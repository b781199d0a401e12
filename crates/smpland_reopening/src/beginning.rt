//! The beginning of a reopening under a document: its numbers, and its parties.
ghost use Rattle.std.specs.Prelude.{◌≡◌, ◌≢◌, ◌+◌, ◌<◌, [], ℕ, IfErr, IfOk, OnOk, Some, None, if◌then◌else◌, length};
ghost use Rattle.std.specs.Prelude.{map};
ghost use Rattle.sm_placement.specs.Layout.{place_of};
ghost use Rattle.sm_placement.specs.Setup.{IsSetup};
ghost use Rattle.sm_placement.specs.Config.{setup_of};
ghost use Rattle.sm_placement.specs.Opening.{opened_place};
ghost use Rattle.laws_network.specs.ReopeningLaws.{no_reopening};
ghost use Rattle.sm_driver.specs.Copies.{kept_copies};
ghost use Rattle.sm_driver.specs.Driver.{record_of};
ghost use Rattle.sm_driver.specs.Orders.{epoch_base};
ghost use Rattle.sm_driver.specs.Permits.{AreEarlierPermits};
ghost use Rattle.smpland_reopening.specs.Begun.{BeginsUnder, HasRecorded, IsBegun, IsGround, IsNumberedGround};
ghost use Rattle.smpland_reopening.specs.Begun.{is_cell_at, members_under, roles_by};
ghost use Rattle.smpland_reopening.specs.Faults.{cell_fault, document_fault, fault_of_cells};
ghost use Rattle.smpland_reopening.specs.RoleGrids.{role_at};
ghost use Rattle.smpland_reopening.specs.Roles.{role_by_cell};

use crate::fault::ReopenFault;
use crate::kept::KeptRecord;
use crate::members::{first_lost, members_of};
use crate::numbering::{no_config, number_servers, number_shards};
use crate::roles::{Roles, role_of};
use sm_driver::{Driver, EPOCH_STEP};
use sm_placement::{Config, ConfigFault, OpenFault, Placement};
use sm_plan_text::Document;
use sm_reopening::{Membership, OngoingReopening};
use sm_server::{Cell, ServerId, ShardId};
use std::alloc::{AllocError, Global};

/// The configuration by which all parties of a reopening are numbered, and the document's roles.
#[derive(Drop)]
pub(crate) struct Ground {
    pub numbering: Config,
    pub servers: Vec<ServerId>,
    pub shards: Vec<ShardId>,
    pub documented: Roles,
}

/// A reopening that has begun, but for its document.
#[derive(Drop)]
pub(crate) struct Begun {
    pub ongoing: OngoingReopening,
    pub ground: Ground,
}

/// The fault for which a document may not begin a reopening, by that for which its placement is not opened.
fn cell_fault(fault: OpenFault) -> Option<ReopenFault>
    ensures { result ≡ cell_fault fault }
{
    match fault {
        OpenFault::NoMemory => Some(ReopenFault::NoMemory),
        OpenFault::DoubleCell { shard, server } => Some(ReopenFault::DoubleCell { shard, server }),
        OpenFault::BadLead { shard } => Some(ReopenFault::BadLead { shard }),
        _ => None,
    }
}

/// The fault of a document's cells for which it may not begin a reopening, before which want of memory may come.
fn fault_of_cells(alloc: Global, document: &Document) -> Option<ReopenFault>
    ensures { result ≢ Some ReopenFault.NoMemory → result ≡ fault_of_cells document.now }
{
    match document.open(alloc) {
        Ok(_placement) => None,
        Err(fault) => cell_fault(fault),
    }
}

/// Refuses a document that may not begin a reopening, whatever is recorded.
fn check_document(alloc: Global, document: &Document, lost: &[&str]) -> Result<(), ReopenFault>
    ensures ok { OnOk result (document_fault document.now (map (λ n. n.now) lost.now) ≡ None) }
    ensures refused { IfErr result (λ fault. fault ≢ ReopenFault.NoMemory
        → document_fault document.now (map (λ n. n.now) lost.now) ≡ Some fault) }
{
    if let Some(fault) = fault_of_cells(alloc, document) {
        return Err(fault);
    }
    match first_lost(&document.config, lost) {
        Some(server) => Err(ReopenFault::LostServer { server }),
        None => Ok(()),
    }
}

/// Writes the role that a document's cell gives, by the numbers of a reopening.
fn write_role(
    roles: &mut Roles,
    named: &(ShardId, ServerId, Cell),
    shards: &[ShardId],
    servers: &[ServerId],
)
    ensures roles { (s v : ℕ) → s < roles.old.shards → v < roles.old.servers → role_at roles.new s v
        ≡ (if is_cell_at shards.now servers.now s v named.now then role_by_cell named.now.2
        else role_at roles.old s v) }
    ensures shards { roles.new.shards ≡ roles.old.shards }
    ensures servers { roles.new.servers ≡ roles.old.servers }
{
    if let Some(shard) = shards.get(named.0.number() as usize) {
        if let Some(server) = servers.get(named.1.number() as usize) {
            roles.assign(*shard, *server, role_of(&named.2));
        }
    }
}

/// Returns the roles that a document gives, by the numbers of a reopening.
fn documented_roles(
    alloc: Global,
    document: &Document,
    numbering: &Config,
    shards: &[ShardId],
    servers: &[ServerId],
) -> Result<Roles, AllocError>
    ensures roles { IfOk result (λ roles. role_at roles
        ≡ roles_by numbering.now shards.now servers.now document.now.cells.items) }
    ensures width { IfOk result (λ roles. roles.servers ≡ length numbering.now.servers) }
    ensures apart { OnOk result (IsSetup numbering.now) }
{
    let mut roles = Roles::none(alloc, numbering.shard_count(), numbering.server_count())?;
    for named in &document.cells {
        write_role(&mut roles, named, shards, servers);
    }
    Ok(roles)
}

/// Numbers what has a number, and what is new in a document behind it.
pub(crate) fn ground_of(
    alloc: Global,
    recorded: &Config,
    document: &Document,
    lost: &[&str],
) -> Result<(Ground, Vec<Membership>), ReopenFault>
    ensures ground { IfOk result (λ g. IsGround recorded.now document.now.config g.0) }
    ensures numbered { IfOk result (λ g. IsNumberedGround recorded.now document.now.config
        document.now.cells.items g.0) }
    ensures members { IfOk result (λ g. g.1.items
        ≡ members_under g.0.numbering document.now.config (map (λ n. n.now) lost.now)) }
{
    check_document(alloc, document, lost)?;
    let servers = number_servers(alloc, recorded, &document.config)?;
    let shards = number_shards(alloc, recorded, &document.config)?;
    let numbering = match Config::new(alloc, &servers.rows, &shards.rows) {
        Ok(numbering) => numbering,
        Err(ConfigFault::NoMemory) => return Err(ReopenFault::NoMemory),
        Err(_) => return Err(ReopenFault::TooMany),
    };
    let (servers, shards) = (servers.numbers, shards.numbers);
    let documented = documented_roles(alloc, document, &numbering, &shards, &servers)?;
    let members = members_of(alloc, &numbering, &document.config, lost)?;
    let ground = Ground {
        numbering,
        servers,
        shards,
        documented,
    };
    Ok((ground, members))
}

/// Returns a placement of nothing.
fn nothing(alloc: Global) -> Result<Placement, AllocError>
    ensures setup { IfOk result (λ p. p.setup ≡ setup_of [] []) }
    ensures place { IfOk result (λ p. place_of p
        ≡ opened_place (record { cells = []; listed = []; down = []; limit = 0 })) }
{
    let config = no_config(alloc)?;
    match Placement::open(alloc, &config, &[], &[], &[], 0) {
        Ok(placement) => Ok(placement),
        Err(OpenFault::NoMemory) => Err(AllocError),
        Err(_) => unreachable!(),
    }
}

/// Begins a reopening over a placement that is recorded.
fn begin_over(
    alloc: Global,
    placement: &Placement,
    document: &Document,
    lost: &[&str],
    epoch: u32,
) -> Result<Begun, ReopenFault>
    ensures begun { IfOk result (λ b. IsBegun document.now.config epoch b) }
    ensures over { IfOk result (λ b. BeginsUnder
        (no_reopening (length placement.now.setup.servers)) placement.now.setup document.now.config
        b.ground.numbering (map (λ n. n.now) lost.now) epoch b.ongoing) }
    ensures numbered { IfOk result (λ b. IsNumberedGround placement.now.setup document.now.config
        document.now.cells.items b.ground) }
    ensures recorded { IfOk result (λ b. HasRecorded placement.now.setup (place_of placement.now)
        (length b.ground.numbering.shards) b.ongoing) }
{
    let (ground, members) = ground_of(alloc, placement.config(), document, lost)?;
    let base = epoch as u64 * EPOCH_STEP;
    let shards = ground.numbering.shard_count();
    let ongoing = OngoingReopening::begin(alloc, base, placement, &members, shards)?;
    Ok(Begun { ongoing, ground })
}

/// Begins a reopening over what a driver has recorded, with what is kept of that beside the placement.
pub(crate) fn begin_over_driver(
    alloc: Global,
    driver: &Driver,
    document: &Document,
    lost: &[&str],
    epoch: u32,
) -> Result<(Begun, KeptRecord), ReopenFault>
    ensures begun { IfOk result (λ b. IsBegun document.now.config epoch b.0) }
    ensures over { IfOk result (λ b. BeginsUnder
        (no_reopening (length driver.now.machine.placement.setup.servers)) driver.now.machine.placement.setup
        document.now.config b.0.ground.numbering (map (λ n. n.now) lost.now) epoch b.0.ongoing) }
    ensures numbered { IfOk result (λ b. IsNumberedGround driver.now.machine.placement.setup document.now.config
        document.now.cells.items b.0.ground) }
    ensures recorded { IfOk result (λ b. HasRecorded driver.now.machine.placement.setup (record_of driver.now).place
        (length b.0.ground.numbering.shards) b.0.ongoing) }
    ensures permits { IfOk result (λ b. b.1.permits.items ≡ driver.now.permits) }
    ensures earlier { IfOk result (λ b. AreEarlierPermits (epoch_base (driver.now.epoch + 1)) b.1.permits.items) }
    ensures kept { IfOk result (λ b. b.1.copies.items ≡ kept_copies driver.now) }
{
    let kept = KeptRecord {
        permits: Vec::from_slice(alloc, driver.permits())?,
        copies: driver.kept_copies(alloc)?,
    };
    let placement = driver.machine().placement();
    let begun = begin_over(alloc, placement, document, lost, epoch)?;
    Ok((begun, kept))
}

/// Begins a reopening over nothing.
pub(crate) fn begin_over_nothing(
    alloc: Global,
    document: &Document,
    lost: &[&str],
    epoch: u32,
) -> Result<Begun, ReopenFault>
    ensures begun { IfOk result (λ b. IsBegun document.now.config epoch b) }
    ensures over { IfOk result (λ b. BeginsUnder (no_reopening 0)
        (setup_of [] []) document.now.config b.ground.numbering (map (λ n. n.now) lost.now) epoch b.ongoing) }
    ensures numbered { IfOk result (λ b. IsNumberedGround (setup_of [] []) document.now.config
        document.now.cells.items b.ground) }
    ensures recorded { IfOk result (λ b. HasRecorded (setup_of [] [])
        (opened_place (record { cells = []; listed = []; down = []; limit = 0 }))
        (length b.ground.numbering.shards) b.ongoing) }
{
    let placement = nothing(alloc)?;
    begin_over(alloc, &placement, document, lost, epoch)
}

________________________________________

WHAT THE EXERCISE ASKS
The stretch of entries above that starts with the line containing "fault ≢ ReopenFault.NoMemory" and goes on through the line containing "roles.new s v" is to be transcribed exactly, and no other line is to be transcribed.

EXERCISE RESULT
    ensures refused { IfErr result (λ fault. fault ≢ ReopenFault.NoMemory
        → document_fault document.now (map (λ n. n.now) lost.now) ≡ Some fault) }
{
    if let Some(fault) = fault_of_cells(alloc, document) {
        return Err(fault);
    }
    match first_lost(&document.config, lost) {
        Some(server) => Err(ReopenFault::LostServer { server }),
        None => Ok(()),
    }
}

/// Writes the role that a document's cell gives, by the numbers of a reopening.
fn write_role(
    roles: &mut Roles,
    named: &(ShardId, ServerId, Cell),
    shards: &[ShardId],
    servers: &[ServerId],
)
    ensures roles { (s v : ℕ) → s < roles.old.shards → v < roles.old.servers → role_at roles.new s v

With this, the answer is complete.